# What is needed
Go over the material below and report every line that contains the word "width".

# Records to process
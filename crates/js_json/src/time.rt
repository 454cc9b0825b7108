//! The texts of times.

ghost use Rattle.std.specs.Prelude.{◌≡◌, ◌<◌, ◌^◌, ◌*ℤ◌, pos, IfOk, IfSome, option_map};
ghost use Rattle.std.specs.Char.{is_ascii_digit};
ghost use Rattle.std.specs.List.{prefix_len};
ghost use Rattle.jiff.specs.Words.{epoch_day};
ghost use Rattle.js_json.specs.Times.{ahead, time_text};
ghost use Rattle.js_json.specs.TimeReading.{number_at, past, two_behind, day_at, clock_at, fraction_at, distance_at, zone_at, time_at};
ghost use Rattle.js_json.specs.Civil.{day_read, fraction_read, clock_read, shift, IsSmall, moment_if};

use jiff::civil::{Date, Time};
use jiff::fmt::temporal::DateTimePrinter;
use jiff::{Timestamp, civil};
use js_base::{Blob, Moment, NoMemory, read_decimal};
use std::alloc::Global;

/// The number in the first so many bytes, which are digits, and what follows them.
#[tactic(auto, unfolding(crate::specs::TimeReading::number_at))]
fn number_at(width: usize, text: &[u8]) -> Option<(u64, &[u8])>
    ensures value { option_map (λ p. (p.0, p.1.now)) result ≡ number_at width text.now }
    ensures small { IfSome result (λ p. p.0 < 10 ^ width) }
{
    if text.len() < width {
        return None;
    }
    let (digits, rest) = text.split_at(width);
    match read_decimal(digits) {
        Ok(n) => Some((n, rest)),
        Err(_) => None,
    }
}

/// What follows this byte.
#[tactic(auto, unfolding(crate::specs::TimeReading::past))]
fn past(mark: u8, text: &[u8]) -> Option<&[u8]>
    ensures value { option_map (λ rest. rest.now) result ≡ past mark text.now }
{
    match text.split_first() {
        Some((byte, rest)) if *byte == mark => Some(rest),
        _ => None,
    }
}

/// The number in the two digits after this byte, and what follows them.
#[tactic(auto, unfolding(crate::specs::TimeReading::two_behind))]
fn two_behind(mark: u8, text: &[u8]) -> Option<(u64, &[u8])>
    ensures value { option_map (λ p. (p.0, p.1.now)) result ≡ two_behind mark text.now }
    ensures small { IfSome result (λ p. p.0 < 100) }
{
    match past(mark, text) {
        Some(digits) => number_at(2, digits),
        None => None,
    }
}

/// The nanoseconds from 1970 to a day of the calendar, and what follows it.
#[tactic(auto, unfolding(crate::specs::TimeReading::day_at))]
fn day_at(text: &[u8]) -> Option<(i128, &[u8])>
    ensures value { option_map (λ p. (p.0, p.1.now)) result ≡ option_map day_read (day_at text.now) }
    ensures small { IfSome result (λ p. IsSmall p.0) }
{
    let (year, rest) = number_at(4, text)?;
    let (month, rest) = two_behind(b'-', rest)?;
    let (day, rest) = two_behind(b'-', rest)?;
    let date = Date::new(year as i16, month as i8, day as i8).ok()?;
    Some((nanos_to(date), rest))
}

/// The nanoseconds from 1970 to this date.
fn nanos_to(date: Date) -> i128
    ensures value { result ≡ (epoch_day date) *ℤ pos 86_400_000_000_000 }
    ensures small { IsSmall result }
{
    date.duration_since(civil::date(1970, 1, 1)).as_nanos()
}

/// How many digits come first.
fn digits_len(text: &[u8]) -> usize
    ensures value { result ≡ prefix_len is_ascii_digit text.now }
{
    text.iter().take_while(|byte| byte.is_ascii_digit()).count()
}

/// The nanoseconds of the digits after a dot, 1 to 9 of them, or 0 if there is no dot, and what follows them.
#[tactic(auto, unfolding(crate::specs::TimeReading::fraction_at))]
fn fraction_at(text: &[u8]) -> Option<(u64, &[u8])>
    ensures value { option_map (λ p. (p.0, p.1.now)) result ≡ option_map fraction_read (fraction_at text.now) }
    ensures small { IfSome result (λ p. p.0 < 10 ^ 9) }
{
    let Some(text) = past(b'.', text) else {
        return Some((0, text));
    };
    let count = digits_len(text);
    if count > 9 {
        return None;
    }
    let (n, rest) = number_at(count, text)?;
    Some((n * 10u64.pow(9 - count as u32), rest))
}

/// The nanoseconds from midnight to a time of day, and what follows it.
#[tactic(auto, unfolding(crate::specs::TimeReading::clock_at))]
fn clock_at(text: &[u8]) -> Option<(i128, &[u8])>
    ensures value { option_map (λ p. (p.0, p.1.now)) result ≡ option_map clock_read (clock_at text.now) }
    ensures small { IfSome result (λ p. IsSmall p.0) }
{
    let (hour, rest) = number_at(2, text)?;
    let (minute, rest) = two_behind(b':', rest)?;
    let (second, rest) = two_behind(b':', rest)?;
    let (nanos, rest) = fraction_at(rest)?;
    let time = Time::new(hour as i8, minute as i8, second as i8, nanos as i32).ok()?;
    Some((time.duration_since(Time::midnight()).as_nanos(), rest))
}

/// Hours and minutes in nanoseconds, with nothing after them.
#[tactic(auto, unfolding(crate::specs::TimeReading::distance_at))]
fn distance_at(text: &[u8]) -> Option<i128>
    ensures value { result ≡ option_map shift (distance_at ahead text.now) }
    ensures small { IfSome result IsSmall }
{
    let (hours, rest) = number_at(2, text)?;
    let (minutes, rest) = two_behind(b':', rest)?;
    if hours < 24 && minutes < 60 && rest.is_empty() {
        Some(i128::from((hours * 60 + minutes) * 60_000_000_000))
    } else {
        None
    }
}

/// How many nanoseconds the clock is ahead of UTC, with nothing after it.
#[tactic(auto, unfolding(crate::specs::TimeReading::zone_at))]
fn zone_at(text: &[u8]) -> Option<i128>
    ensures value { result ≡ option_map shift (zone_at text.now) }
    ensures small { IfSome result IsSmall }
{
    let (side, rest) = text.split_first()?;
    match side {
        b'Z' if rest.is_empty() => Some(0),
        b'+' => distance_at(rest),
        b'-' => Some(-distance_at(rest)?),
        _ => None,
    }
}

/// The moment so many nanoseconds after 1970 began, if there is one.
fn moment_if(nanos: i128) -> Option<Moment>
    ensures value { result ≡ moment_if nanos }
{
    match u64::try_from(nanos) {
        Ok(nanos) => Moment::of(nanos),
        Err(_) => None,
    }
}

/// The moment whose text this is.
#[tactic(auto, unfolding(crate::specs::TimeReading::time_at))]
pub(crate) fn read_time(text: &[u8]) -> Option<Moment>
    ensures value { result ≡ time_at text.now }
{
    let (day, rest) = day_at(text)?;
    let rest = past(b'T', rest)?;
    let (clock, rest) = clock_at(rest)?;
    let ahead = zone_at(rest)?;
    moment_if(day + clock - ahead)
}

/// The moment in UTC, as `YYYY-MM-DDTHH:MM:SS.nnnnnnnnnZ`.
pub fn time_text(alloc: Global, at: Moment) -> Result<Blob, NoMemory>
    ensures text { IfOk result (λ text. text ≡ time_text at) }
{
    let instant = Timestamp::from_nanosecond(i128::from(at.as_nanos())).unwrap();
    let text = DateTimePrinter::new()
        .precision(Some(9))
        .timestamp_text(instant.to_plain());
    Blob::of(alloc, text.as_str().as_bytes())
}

---

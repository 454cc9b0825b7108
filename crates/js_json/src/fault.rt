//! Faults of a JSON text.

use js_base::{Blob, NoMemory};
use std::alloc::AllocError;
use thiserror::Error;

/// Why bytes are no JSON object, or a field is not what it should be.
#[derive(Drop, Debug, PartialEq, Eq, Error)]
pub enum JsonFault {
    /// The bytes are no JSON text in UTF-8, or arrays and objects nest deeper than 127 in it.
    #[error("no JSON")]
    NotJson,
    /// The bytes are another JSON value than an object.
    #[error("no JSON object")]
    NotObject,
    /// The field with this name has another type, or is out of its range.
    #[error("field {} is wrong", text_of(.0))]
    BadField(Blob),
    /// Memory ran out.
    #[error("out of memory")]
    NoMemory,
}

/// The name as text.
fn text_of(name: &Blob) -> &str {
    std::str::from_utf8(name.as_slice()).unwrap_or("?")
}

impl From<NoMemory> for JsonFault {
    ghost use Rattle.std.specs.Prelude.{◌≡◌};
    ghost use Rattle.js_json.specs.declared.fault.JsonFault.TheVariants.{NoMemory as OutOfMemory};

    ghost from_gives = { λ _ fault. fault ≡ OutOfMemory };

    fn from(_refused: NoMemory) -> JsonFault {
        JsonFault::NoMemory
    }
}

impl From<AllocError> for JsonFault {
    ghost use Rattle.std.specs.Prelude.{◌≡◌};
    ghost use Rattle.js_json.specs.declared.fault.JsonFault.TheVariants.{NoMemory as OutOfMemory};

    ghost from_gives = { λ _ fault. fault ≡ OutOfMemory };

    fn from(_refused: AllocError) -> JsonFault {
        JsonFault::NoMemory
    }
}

# Solution
fn number_at(width: usize, text: &[u8]) -> Option<(u64, &[u8])>
    ensures value { option_map (λ p. (p.0, p.1.now)) result ≡ number_at width text.now }
    ensures small { IfSome result (λ p. p.0 < 10 ^ width) }
    if text.len() < width {
    let (digits, rest) = text.split_at(width);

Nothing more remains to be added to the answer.